Lors d’une visite d’un bien immobilier mis en vente par une agence immobilière, il est d’usage que l’agent vous fasse signer d’abord ce qu’on appelle un « bon de visite ».
Le bon de visite constitue une preuve de visite d’un bien pour un agent immobilier.
Mais vous êtes-vous déjà interrogé sur les raisons qui amènent l’agent immobilier à vous faire signer un tel document ? Quelle valeur juridique ce document a-t-il vraiment ? Qu’implique la signature d’un bon de visite pour l’acheteur ? Pour le vendeur ?
On va le voir ci-dessous, les implications sont assez subtiles en fonction du mandat de vente contracté entre l’agence et le vendeur.
Le bon de visite est un document que l’agent immobilier fait signer aux acquéreurs potentiels à qui il fait visiter un bien à la vente.
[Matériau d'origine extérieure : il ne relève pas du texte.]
// How many rows the corners of a type need. The contracts cite canonical_model's `specs/CornerRows.antt` and `specs/Lines.antt`.
ghost use Rattle.std.specs.Prelude.{◌≡◌, ◌+◌, ◌<◌, ◌≤◌, length};
ghost use Rattle.closing_model.specs.Table.{view};
ghost use Rattle.canonical_model.specs.CornerRows.{has_corner, line_rows};
ghost use Rattle.canonical_rows.specs.Lines.{Lines, part_rows};

use crate::turns::{corner_at, turns};

// How many rows type v needs.
pub fn count_line(lowers: &[u16], uppers: &[u16], n: usize, v: usize) -> usize
    requires { Lines n v lowers.now uppers.now × (0 < n) }
    ensures { (result ≡ length (line_rows n (view lowers.now uppers.now) v n)) × (result ≤ 256) }
{
    let inner = count_ends(lowers, uppers, n, v, 0, n - 1) as usize;
    if has_corner(lowers, uppers, n, v, n) {
        return inner + 1;
    }
    inner
}

// How many rows type v needs at the m ends after from, all before n.
pub fn count_ends(lowers: &[u16], uppers: &[u16], n: usize, v: usize, from: usize, m: usize) -> u16
    requires { Lines n v lowers.now uppers.now × (from + m < n) }
    ensures { (result ≡ length (part_rows n (view lowers.now uppers.now) v from m)) × (result ≤ m) }
{
    let p = v * (n + 1) + from;
    let mut count: u16 = 0;
    for i in 0..m {
        count += turns(lowers, uppers, p + i);
    }
    count
}

// Whether (v, t) is a corner of either kind.
fn has_corner(lowers: &[u16], uppers: &[u16], n: usize, v: usize, t: usize) -> bool
    requires { Lines n v lowers.now uppers.now × (0 < t) × (t ≤ n) }
    ensures { result ≡ has_corner n (view lowers.now uppers.now) v t }
{
    corner_at(lowers, n, v, true, t) || corner_at(uppers, n, v, false, t)
}
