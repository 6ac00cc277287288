// The rows of a type, written one behind the other. Each function that writes rows returns the place behind them. The contracts cite canonical_model's
// `specs/CornerRows.antt` and `specs/Lines.antt`.
ghost use Rattle.std.specs.Prelude.{◌≡◌, cond, ◌+◌, ◌-◌, ◌*◌, ◌<◌, ◌≤◌, length};
ghost use Rattle.std.proofs.lemmas.List.Edits.{sets};
ghost use Rattle.closing_model.specs.Table.{view};
ghost use Rattle.book_bytes.specs.BookBytes.{order_row, row_bytes};
ghost use Rattle.canonical_model.specs.CornerRows.{corner_rows, line_rows};
ghost use Rattle.canonical_rows.specs.Lines.{line_in, Line, Lines, part_rows, RowsWritten};

use crate::counting::count_ends;
use crate::turns::{corner_at, turns};
use book::Row;
use book_bytes::put_row;
use stores::at;

// The lower, and the upper, of a row's side that has no corner.
const NO_LOWER: usize = 0;

const NO_UPPER: usize = 65535;

// So many ends are passed over at once where none of them is a corner.
const BLOCK: usize = 8;

// The bytes of a row.
const ROW: usize = 8;

// Writes the rows of type v.
pub fn write_line(
    lowers: &[u16],
    uppers: &[u16],
    n: usize,
    v: usize,
    out: &mut [u8],
    place: usize,
) -> usize
    requires { Lines n v lowers.now uppers.now × (place + 8 * length (line_rows n (view lowers.now uppers.now) v n) ≤ length out.old) }
    ensures { RowsWritten (line_rows n (view lowers.now uppers.now) v n) out.old place out.new result }
{
    let mut next = place;
    let mut t = 0;
    // A `while`, since the rest begins where it stops.
    while t + BLOCK < n {
        next = write_block(lowers, uppers, n, v, t, out, next);
        t += BLOCK;
    }
    write_rest(lowers, uppers, n, v, t, out, next)
}

// Writes the rows of type v at the eight ends after from.
fn write_block(
    lowers: &[u16],
    uppers: &[u16],
    n: usize,
    v: usize,
    from: usize,
    out: &mut [u8],
    place: usize,
) -> usize
    requires { Lines n v lowers.now uppers.now × (from + 8 < n)
        × (place + 8 * length (part_rows n (view lowers.now uppers.now) v from 8) ≤ length out.old) }
    ensures { RowsWritten (part_rows n (view lowers.now uppers.now) v from 8) out.old place out.new result }
{
    let found = count_ends(lowers, uppers, n, v, from, BLOCK);
    if found == 1 {
        let only = from + only_corner(lowers, uppers, n, v, from) as usize;
        return write_corner(lowers, uppers, n, v, only, out, place);
    }
    let end = place + ROW * found as usize;
    let mut next = place;
    let mut t = from;
    // A `while`, since it stops by the place, at the block's last corner, and not by the end.
    while next < end {
        t += 1;
        next = write_corner(lowers, uppers, n, v, t, out, next);
    }
    next
}

// Which of the eight ends after from is the only corner among them, counted from 1. No branch: most blocks with a corner have just one.
fn only_corner(lowers: &[u16], uppers: &[u16], n: usize, v: usize, from: usize) -> u16
    requires { Lines n v lowers.now uppers.now × (from + 8 < n) × (length (part_rows n (view lowers.now uppers.now) v from 8) ≡ 1) }
    ensures { (0 < result) × (result ≤ 8)
        × (part_rows n (view lowers.now uppers.now) v from 8
        ≡ corner_rows n (view lowers.now uppers.now) v (from + result)) }
{
    let p = v * (n + 1) + from;
    let mut sum: u16 = 0;
    for i in 0..BLOCK {
        sum += turns(lowers, uppers, p + i) * (i as u16 + 1);
    }
    sum
}

// Writes the rows of type v at the ends after from.
fn write_rest(
    lowers: &[u16],
    uppers: &[u16],
    n: usize,
    v: usize,
    from: usize,
    out: &mut [u8],
    place: usize,
) -> usize
    requires { Lines n v lowers.now uppers.now × (from ≤ n)
        × (place + 8 * length (part_rows n (view lowers.now uppers.now) v from (n - from)) ≤ length out.old) }
    ensures { RowsWritten (part_rows n (view lowers.now uppers.now) v from (n - from))
        out.old place out.new result }
{
    let mut next = place;
    for t in from..n {
        next = write_corner(lowers, uppers, n, v, t + 1, out, next);
    }
    next
}

// Writes the row of (v, t), where it is a corner.
fn write_corner(
    lowers: &[u16],
    uppers: &[u16],
    n: usize,
    v: usize,
    t: usize,
    out: &mut [u8],
    place: usize,
) -> usize
    requires { Lines n v lowers.now uppers.now × (0 < t) × (t ≤ n)
        × (place + 8 * length (corner_rows n (view lowers.now uppers.now) v t) ≤ length out.old) }
    ensures { RowsWritten (corner_rows n (view lowers.now uppers.now) v t) out.old place out.new result }
{
    let low = corner_at(lowers, n, v, true, t);
    let high = corner_at(uppers, n, v, false, t);
    if low || high {
        return write_row(lowers, uppers, n, v, t, low, high, out, place);
    }
    place
}

// Writes the row of (v, t), whose sides have a corner or not.
fn write_row(
    lowers: &[u16],
    uppers: &[u16],
    n: usize,
    v: usize,
    t: usize,
    low: bool,
    high: bool,
    out: &mut [u8],
    place: usize,
) -> usize
    requires { Lines n v lowers.now uppers.now × (t ≤ n) × (place + 8 ≤ length out.old) }
    ensures { (out.new ≡ sets out.old place
        (row_bytes (order_row v t (cond low (line_in lowers.now n v t) 0) (cond high (line_in uppers.now n v t) 65535))))
        × (result ≡ place + 8) }
{
    let row = Row {
        value: v,
        reserved: 0,
        end: t,
        lower: side(lowers, n, v, t, low, NO_LOWER),
        upper: side(uppers, n, v, t, high, NO_UPPER),
    };
    put_row(out, place, row);
    place + ROW
}

// The bound at (v, t) where it is a corner, else none.
fn side(s: &[u16], n: usize, v: usize, t: usize, corner: bool, none: usize) -> usize
    requires { Line n v s.now × (t ≤ n) × (none < 65536) }
    ensures { (result ≡ cond corner (line_in s.now n v t) none) × (result < 65536) }
{
    if corner {
        return at(s, v * (n + 1) + t);
    }
    none
}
Il permet à l’agent immobilier qui le fait signer de :
Un bon de visite comporte normalement :
– le numéro du mandat de vente confié par le vendeur
– une mention de l’assurance de l’agence immobilière contre les dommages qui pourraient survenir lors de la visite (accident, casse involontaire, vol, éventuelles dégradations…)
– l’adresse du bien visité
– les coordonnées de l’intermédiaire (agence immobilière…)
– la signature de tous les visiteurs du bien
Comme indiqué précédemment, le bon de visite permet d’attester que l’agence immobilière dispose bien d’un mandat de vente de la part du vendeur.
Le vendeur confie généralement la vente de son bien immobilier à une ou plusieurs agences par le biais d’un ou plusieurs mandats. Ainsi, un mandat lie contractuellement la ou les agences immobilières au vendeur.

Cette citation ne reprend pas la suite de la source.